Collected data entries
use super::{DIRECTORY, SHOWN};
use crate::tests::{behind_a_byte, has_written, joined};
use bytes::Bytes;
use nfs_wire::{
    AccessReply, Attributes, CommitReply, DeviceNumber, FileSystem, FileType, Found, FsinfoReply,
    FsstatReply, FullEntry, FullNames, LinkedReply, LookupReply, Made, MadeReply, Names, NfsReply,
    NfsStatus, Page, PageEntry, PagePlus, PathLimits, PathconfReply, Pieces, ReadData, ReadReply,
    ReaddirReply, ReaddirplusReply, ReadlinkReply, RemovedReply, RenamedReply, SetattrReply, Space,
    Stability, Time, Verifier, Wcc, WeakAttributes, WriteReply, Written, write_result,
};
use std::alloc::{AllocError, Global};
use std::process::Abort;
use std::test::Fail;

const VERIFIER: Verifier = Verifier {
    bytes: [1, 2, 3, 4, 5, 6, 7, 8],
};

/// Nothing is known of an object before and after a call.
const UNKNOWN: Wcc = Wcc {
    before: None,
    after: None,
};

/// The directory is shown as it is after a call, and nothing is known of it before.
const AFTER: Wcc = Wcc {
    before: None,
    after: Some(SHOWN),
};

/// What CREATE, MKDIR, SYMLINK or MKNOD made.
#[derive(Clone, Copy)]
enum Makes {
    /// The handle `abcd`, and the attributes of the directory.
    Known,
    Unknown,
    Nothing(NfsStatus),
}

/// A reply.
enum Told {
    Null,
    Getattr(Result<Attributes, NfsStatus>),
    Setattr(SetattrReply),
    /// LOOKUP found the handle `abcde`, with the attributes of the directory.
    Lookup,
    /// It found nothing in the directory, which is shown.
    NotFound(NfsStatus),
    Access(AccessReply),
    /// The text `a/b`, or none, of a link that is shown.
    Readlink(Result<(), NfsStatus>),
    /// `hello`, at the end of a file that is shown.
    Read,
    /// The file is not shown.
    NotRead(NfsStatus),
    Write(WriteReply),
    Create(Makes),
    Mkdir(Makes),
    Symlink(Makes),
    Mknod(Makes),
    Remove(RemovedReply),
    Rmdir(RemovedReply),
    Rename(RenamedReply),
    Link(LinkedReply),
    Fsstat(FsstatReply),
    Fsinfo(FsinfoReply),
    Pathconf(PathconfReply),
    Commit(CommitReply),
}

/// Words in three parts, and the reply of which they are written.
struct Writing(&'static [u32], &'static [u32], &'static [u32], Told);

/// Whether these words are written of the reply. It owns the reply, since a test that keeps one is slow to prove.
fn is_written(
    alloc: Global,
    front: &[u32],
    middle: &[u32],
    back: &[u32],
    reply: NfsReply,
) -> Result<bool, Fail>
    requires { HasNfsForm reply }
{
    let is_written = is_result(alloc, front, middle, back, &reply);
    drop(reply);
    is_written
}

/// The same of a reply that is lent.
fn is_result(
    alloc: Global,
    front: &[u32],
    middle: &[u32],
    back: &[u32],
    reply: &NfsReply,
) -> Result<bool, Fail>
    requires { HasNfsForm reply.now }
{
    let expected = joined(alloc, front, middle, back)?;
    let mut writer = behind_a_byte(alloc)?;
    write_result(&mut writer, reply)?;
    Ok(has_written(writer, expected.as_slice()))
}

fn lookup() -> LookupReply
    ensures { HasLookupForm result }
{
    LookupReply {
        directory: None,
        result: Ok(Found {
            object: Bytes::from_static(b"abcde"),
            attributes: Some(SHOWN),
        }),
    }
}

fn readlink(text: Result<(), NfsStatus>) -> ReadlinkReply
    ensures { HasReadlinkForm result }
{
    ReadlinkReply {
        attributes: Some(SHOWN),
        result: text.map(|_| Bytes::from_static(b"a/b")),
    }
}

/// Of "hello" in two pieces.
fn read(alloc: Global) -> Result<ReadReply, AllocError>
    ensures { IfOk result HasReadForm }
{
    let mut data = Pieces::new(alloc);
    data.push(Bytes::from_static(b"hel"))?;
    data.push(Bytes::from_static(b"lo"))?;
    Ok(ReadReply {
        attributes: Some(SHOWN),
        result: Ok(ReadData {
            count: 5,
            eof: true,
            data,
        }),
    })
}

fn made(makes: Makes) -> MadeReply
    ensures { HasMadeForm result }
{
    let result = match makes {
        Makes::Known => Ok(Made {
            object: Some(Bytes::from_static(b"abcd")),
            attributes: Some(SHOWN),
        }),
        Makes::Unknown => Ok(Made {
            object: None,
            attributes: None,
        }),
        Makes::Nothing(status) => Err(status),
    };
    MadeReply {
        directory: UNKNOWN,
        result,
    }
}

/// Whether those words are written of that reply.
fn is_told(alloc: Global, writing: &Writing) -> Result<bool, Fail> {
    let Writing(front, middle, back, told) = writing;
    match *told {
        Told::Null => is_written(alloc, front, middle, back, NfsReply::Null),
        Told::Getattr(result) => is_written(alloc, front, middle, back, NfsReply::Getattr(result)),
        Told::Setattr(reply) => is_written(alloc, front, middle, back, NfsReply::Setattr(reply)),
        Told::Lookup => is_written(alloc, front, middle, back, NfsReply::Lookup(lookup())),
        Told::NotFound(status) => {
            let reply = LookupReply {
                directory: Some(SHOWN),
                result: Err(status),
            };
            is_written(alloc, front, middle, back, NfsReply::Lookup(reply))
        }
        Told::Access(reply) => is_written(alloc, front, middle, back, NfsReply::Access(reply)),
        Told::Readlink(result) => {
            is_written(
                alloc,
                front,
                middle,
                back,
                NfsReply::Readlink(readlink(result)),
            )
        }
        Told::Read => is_written(alloc, front, middle, back, NfsReply::Read(read(alloc)?)),
        Told::NotRead(status) => {
            let reply = ReadReply {
                attributes: None,
                result: Err(status),
            };
            is_written(alloc, front, middle, back, NfsReply::Read(reply))
        }
        Told::Write(reply) => is_written(alloc, front, middle, back, NfsReply::Write(reply)),
        Told::Create(makes) => is_written(
            alloc,
            front,
            middle,
            back,
            NfsReply::Create(made(makes)),
        ),
        Told::Mkdir(makes) => is_written(alloc, front, middle, back, NfsReply::Mkdir(made(makes))),
        Told::Symlink(makes) => {
            is_written(alloc, front, middle, back, NfsReply::Symlink(made(makes)))
        }
        Told::Mknod(makes) => is_written(alloc, front, middle, back, NfsReply::Mknod(made(makes))),
        Told::Remove(reply) => is_written(alloc, front, middle, back, NfsReply::Remove(reply)),
        Told::Rmdir(reply) => is_written(alloc, front, middle, back, NfsReply::Rmdir(reply)),
        Told::Rename(reply) => is_written(alloc, front, middle, back, NfsReply::Rename(reply)),
        Told::Link(reply) => is_written(alloc, front, middle, back, NfsReply::Link(reply)),
        Told::Fsstat(reply) => is_written(alloc, front, middle, back, NfsReply::Fsstat(reply)),
        Told::Fsinfo(reply) => is_written(alloc, front, middle, back, NfsReply::Fsinfo(reply)),
        Told::Pathconf(reply) => is_written(alloc, front, middle, back, NfsReply::Pathconf(reply)),
        Told::Commit(reply) => is_written(alloc, front, middle, back, NfsReply::Commit(reply)),
    }
}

Description of the task:
Restate the data above exactly, keeping each word as it stands.

Exercise output:
use super::{DIRECTORY, SHOWN};
use crate::tests::{behind_a_byte, has_written, joined};
use bytes::Bytes;
use nfs_wire::{
    AccessReply, Attributes, CommitReply, DeviceNumber, FileSystem, FileType, Found, FsinfoReply,
    FsstatReply, FullEntry, FullNames, LinkedReply, LookupReply, Made, MadeReply, Names, NfsReply,
    NfsStatus, Page, PageEntry, PagePlus, PathLimits, PathconfReply, Pieces, ReadData, ReadReply,
    ReaddirReply, ReaddirplusReply, ReadlinkReply, RemovedReply, RenamedReply, SetattrReply, Space,
    Stability, Time, Verifier, Wcc, WeakAttributes, WriteReply, Written, write_result,
};
use std::alloc::{AllocError, Global};
use std::process::Abort;
use std::test::Fail;

const VERIFIER: Verifier = Verifier {
    bytes: [1, 2, 3, 4, 5, 6, 7, 8],
};

/// Nothing is known of an object before and after a call.
const UNKNOWN: Wcc = Wcc {
    before: None,
    after: None,
};

/// The directory is shown as it is after a call, and nothing is known of it before.
const AFTER: Wcc = Wcc {
    before: None,
    after: Some(SHOWN),
};

/// What CREATE, MKDIR, SYMLINK or MKNOD made.
#[derive(Clone, Copy)]
enum Makes {
    /// The handle `abcd`, and the attributes of the directory.
    Known,
    Unknown,
    Nothing(NfsStatus),
}

/// A reply.
enum Told {
    Null,
    Getattr(Result<Attributes, NfsStatus>),
    Setattr(SetattrReply),
    /// LOOKUP found the handle `abcde`, with the attributes of the directory.
    Lookup,
    /// It found nothing in the directory, which is shown.
    NotFound(NfsStatus),
    Access(AccessReply),
    /// The text `a/b`, or none, of a link that is shown.
    Readlink(Result<(), NfsStatus>),
    /// `hello`, at the end of a file that is shown.
    Read,
    /// The file is not shown.
    NotRead(NfsStatus),
    Write(WriteReply),
    Create(Makes),
    Mkdir(Makes),
    Symlink(Makes),
    Mknod(Makes),
    Remove(RemovedReply),
    Rmdir(RemovedReply),
    Rename(RenamedReply),
    Link(LinkedReply),
    Fsstat(FsstatReply),
    Fsinfo(FsinfoReply),
    Pathconf(PathconfReply),
    Commit(CommitReply),
}

/// Words in three parts, and the reply of which they are written.
struct Writing(&'static [u32], &'static [u32], &'static [u32], Told);

/// Whether these words are written of the reply. It owns the reply, since a test that keeps one is slow to prove.
fn is_written(
    alloc: Global,
    front: &[u32],
    middle: &[u32],
    back: &[u32],
    reply: NfsReply,
) -> Result<bool, Fail>
    requires { HasNfsForm reply }
{
    let is_written = is_result(alloc, front, middle, back, &reply);
    drop(reply);
    is_written
}

/// The same of a reply that is lent.
fn is_result(
    alloc: Global,
    front: &[u32],
    middle: &[u32],
    back: &[u32],
    reply: &NfsReply,
) -> Result<bool, Fail>
    requires { HasNfsForm reply.now }
{
    let expected = joined(alloc, front, middle, back)?;
    let mut writer = behind_a_byte(alloc)?;
    write_result(&mut writer, reply)?;
    Ok(has_written(writer, expected.as_slice()))
}

fn lookup() -> LookupReply
    ensures { HasLookupForm result }
{
    LookupReply {
        directory: None,
        result: Ok(Found {
            object: Bytes::from_static(b"abcde"),
            attributes: Some(SHOWN),
        }),
    }
}

fn readlink(text: Result<(), NfsStatus>) -> ReadlinkReply
    ensures { HasReadlinkForm result }
{
    ReadlinkReply {
        attributes: Some(SHOWN),
        result: text.map(|_| Bytes::from_static(b"a/b")),
    }
}

/// Of "hello" in two pieces.
fn read(alloc: Global) -> Result<ReadReply, AllocError>
    ensures { IfOk result HasReadForm }
{
    let mut data = Pieces::new(alloc);
    data.push(Bytes::from_static(b"hel"))?;
    data.push(Bytes::from_static(b"lo"))?;
    Ok(ReadReply {
        attributes: Some(SHOWN),
        result: Ok(ReadData {
            count: 5,
            eof: true,
            data,
        }),
    })
}

fn made(makes: Makes) -> MadeReply
    ensures { HasMadeForm result }
{
    let result = match makes {
        Makes::Known => Ok(Made {
            object: Some(Bytes::from_static(b"abcd")),
            attributes: Some(SHOWN),
        }),
        Makes::Unknown => Ok(Made {
            object: None,
            attributes: None,
        }),
        Makes::Nothing(status) => Err(status),
    };
    MadeReply {
        directory: UNKNOWN,
        result,
    }
}

/// Whether those words are written of that reply.
fn is_told(alloc: Global, writing: &Writing) -> Result<bool, Fail> {
    let Writing(front, middle, back, told) = writing;
    match *told {
        Told::Null => is_written(alloc, front, middle, back, NfsReply::Null),
        Told::Getattr(result) => is_written(alloc, front, middle, back, NfsReply::Getattr(result)),
        Told::Setattr(reply) => is_written(alloc, front, middle, back, NfsReply::Setattr(reply)),
        Told::Lookup => is_written(alloc, front, middle, back, NfsReply::Lookup(lookup())),
        Told::NotFound(status) => {
            let reply = LookupReply {
                directory: Some(SHOWN),
                result: Err(status),
            };
            is_written(alloc, front, middle, back, NfsReply::Lookup(reply))
        }
        Told::Access(reply) => is_written(alloc, front, middle, back, NfsReply::Access(reply)),
        Told::Readlink(result) => {
            is_written(
                alloc,
                front,
                middle,
                back,
                NfsReply::Readlink(readlink(result)),
            )
        }
        Told::Read => is_written(alloc, front, middle, back, NfsReply::Read(read(alloc)?)),
        Told::NotRead(status) => {
            let reply = ReadReply {
                attributes: None,
                result: Err(status),
            };
            is_written(alloc, front, middle, back, NfsReply::Read(reply))
        }
        Told::Write(reply) => is_written(alloc, front, middle, back, NfsReply::Write(reply)),
        Told::Create(makes) => is_written(
            alloc,
            front,
            middle,
            back,
            NfsReply::Create(made(makes)),
        ),
        Told::Mkdir(makes) => is_written(alloc, front, middle, back, NfsReply::Mkdir(made(makes))),
        Told::Symlink(makes) => {
            is_written(alloc, front, middle, back, NfsReply::Symlink(made(makes)))
        }
        Told::Mknod(makes) => is_written(alloc, front, middle, back, NfsReply::Mknod(made(makes))),
        Told::Remove(reply) => is_written(alloc, front, middle, back, NfsReply::Remove(reply)),
        Told::Rmdir(reply) => is_written(alloc, front, middle, back, NfsReply::Rmdir(reply)),
        Told::Rename(reply) => is_written(alloc, front, middle, back, NfsReply::Rename(reply)),
        Told::Link(reply) => is_written(alloc, front, middle, back, NfsReply::Link(reply)),
        Told::Fsstat(reply) => is_written(alloc, front, middle, back, NfsReply::Fsstat(reply)),
        Told::Fsinfo(reply) => is_written(alloc, front, middle, back, NfsReply::Fsinfo(reply)),
        Told::Pathconf(reply) => is_written(alloc, front, middle, back, NfsReply::Pathconf(reply)),
        Told::Commit(reply) => is_written(alloc, front, middle, back, NfsReply::Commit(reply)),
    }
}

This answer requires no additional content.